Innym epokowym odkryciem, jakiego dokonali, była wiedza, że Świadomość może wpłynąć na każdego rodzaju materię i energię, po prostu życząc sobie tego! Przekazali również, że Świadomość wypełniona Miłością-Błogością-Inteligencją jest Boską Iskrą egzystującą w każdej wykreowanej istocie i podtrzymującą jej funkcje. Tłumaczyli: „W rzeczywistości wszyscy jesteście ucieleśnieniem Miłości-Błogości-Inteligencji! I tak naprawdę, nie rodzicie się ani nie umieracie, ponieważ jesteście nieśmiertelni.” 
Wracając do naszego pytania, co riszi odkryli o Miłości? Na podstawie rzeczywistych faktów przyznali Miłości najwyższe miejsce, ponieważ wszelka wiedza i inteligencja podąża za falą Miłości. I nie bez powodu, ponieważ przekonali się, że to Miłość łączy cały wszechświat z Twórcą i na odwrót. Stwórca, aby powołać świat do istnienia, posłużył się kreatywną inteligencją. Jednak najważniejszym powodem stwarzania i rozpadu wszechświata jest Miłość. Przejdźmy do szczegółów.

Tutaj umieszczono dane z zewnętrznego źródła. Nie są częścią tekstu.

//! A source over any reader of std, and a sink over any writer. They tell nothing of the bytes.
ghost use Rattle.std.specs.Prelude.{◌≡◌, ◌<◌, None, length, is_err};
ghost use Rattle.std.specs.Io.KnownBytes.{ReadConsumes, WriteAppends};
ghost use Rattle.io_gate.specs.Streams.{HasCause, TakesAtMost, KeepsRest, PutsSome};
ghost use Rattle.io_gate.specs.Calls.{counts_if};

use crate::streams::{Failed, Sink, Source};
use std::io::{Read, Write};
use std::marker::Model;

/// How many bytes one call reads at most.
const PIECE: usize = 4096;

/// A source over a reader. Each error of the reader is a fault.
#[derive(Drop)]
pub struct StdSource<R> {
    reader: R,
    faults: u64,
}

impl<R> Model for StdSource<R> {
    ghost use Rattle.io_gate.specs.Memory.{Edge, coded_edge};

    ghost Value = { Edge R };

    ghost coded = { coded_edge R.code };

    ghost view = { λ s. record { inner = s.reader; faults = s.faults } };
}

impl<R: Read> StdSource<R> {
    /// A source over this reader.
    pub fn new(reader: R) -> StdSource<R>
        ensures reader { result.inner ≡ reader }
        ensures faults { result.faults ≡ 0 }
    {
        StdSource { reader, faults: 0 }
    }
}

impl<R: Read> Source for StdSource<R> {
    ghost left = { λ _. None };

    ghost faults = { λ s. s.faults };

    fn take(&mut self, into: &mut [u8]) -> Result<usize, Failed>
        requires { 0 < length into.old }
        ensures count { TakesAtMost result into.old }
        ensures rest { KeepsRest into.old into.new result }
        ensures cause { HasCause self.old.faults self.new.faults result }
        ensures passed { ReadConsumes (R.remaining self.old.inner) (R.remaining self.new.inner) result into.new }
        ensures counted { self.new.faults ≡ counts_if (is_err result) self.old.faults }
    {
        let faults = self.faults;
        let result = read_first(&mut self.reader, into);
        if result.is_err() {
            self.faults = faults.saturating_add(1);
        }
        result
    }
}

/// Reads once, into the first bytes of `into`. A reader that fails may have written to what it was
/// lent, so it is lent a piece of its own.
fn read_first<R: Read>(reader: &mut R, into: &mut [u8]) -> Result<usize, Failed>
    requires { 0 < length into.old }
    ensures count { TakesAtMost result into.old }
    ensures rest { KeepsRest into.old into.new result }
    ensures bytes { ReadConsumes (R.remaining reader.old) (R.remaining reader.new) result into.new }
{
    let mut piece = [0; PIECE];
    let room = into.len().min(PIECE);
    let Ok(count) = reader.read(&mut piece[..room]) else {
        return Err(Failed);
    };
    into[..count].copy_from_slice(&piece[..count]);
    Ok(count)
}

/// A sink over a writer. Each error of the writer is a fault, and so is a write of no bytes.
#[derive(Drop)]
pub struct StdSink<W> {
    writer: W,
    faults: u64,
}

impl<W> Model for StdSink<W> {
    ghost use Rattle.io_gate.specs.Memory.{Edge, coded_edge};

    ghost Value = { Edge W };

    ghost coded = { coded_edge W.code };

    ghost view = { λ s. record { inner = s.writer; faults = s.faults } };
}

impl<W: Write> StdSink<W> {
    /// A sink over this writer.
    pub fn new(writer: W) -> StdSink<W>
        ensures writer { result.inner ≡ writer }
        ensures faults { result.faults ≡ 0 }
    {
        StdSink { writer, faults: 0 }
    }
}

impl<W: Write> Sink for StdSink<W> {
    ghost held = { λ _. None };

    ghost faults = { λ s. s.faults };

    fn put(&mut self, piece: &[u8]) -> Result<usize, Failed>
        requires { 0 < length piece.now }
        ensures some { PutsSome result piece.now }
        ensures cause { HasCause self.old.faults self.new.faults result }
        ensures passed { WriteAppends (W.contents self.old.inner) (W.contents self.new.inner) result piece.now }
        ensures counted { self.new.faults ≡ counts_if (is_err result) self.old.faults }
    {
        let faults = self.faults;
        let result = write_first(&mut self.writer, piece);
        if result.is_err() {
            self.faults = faults.saturating_add(1);
        }
        result
    }
}

/// Writes once, the first bytes of `piece`.
fn write_first<W: Write>(writer: &mut W, piece: &[u8]) -> Result<usize, Failed>
    requires { 0 < length piece.now }
    ensures some { PutsSome result piece.now }
    ensures bytes { WriteAppends (W.contents writer.old) (W.contents writer.new) result piece.now }
{
    match writer.write(piece) {
        Ok(count) if count > 0 => Ok(count),
        _ => Err(Failed),
    }
}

   Początkowo riszi byli przekonani, że Świadomość lub Bóg oddał się tworzeniu, traktując to jako zabawę, lilę. Lecz później odkryli to, co przekazał nam Najwyższy z Rizzich - Śri Sathya Sai Baba. Utożsamiając Swoją Prawdziwą Jaźń ze Świadomością, rzekł:
      „Oddzieliłem się od siebie, żeby kochać siebie. Dowiedzcie się wszyscy, że stanowicie część Mojej istoty.”
         Najwyższa Świadomość tak bardzo pragnęła dawać i otrzymywać Miłość, że stworzyła wszechświat. A to jeszcze nie wszystko. Cały wszechświat stworzony ze Świadomości znajduje się również w matrixie[11] Świadomości. Zatem świadomość przenika całe stworzenie, a nie tylko wykreowane istoty.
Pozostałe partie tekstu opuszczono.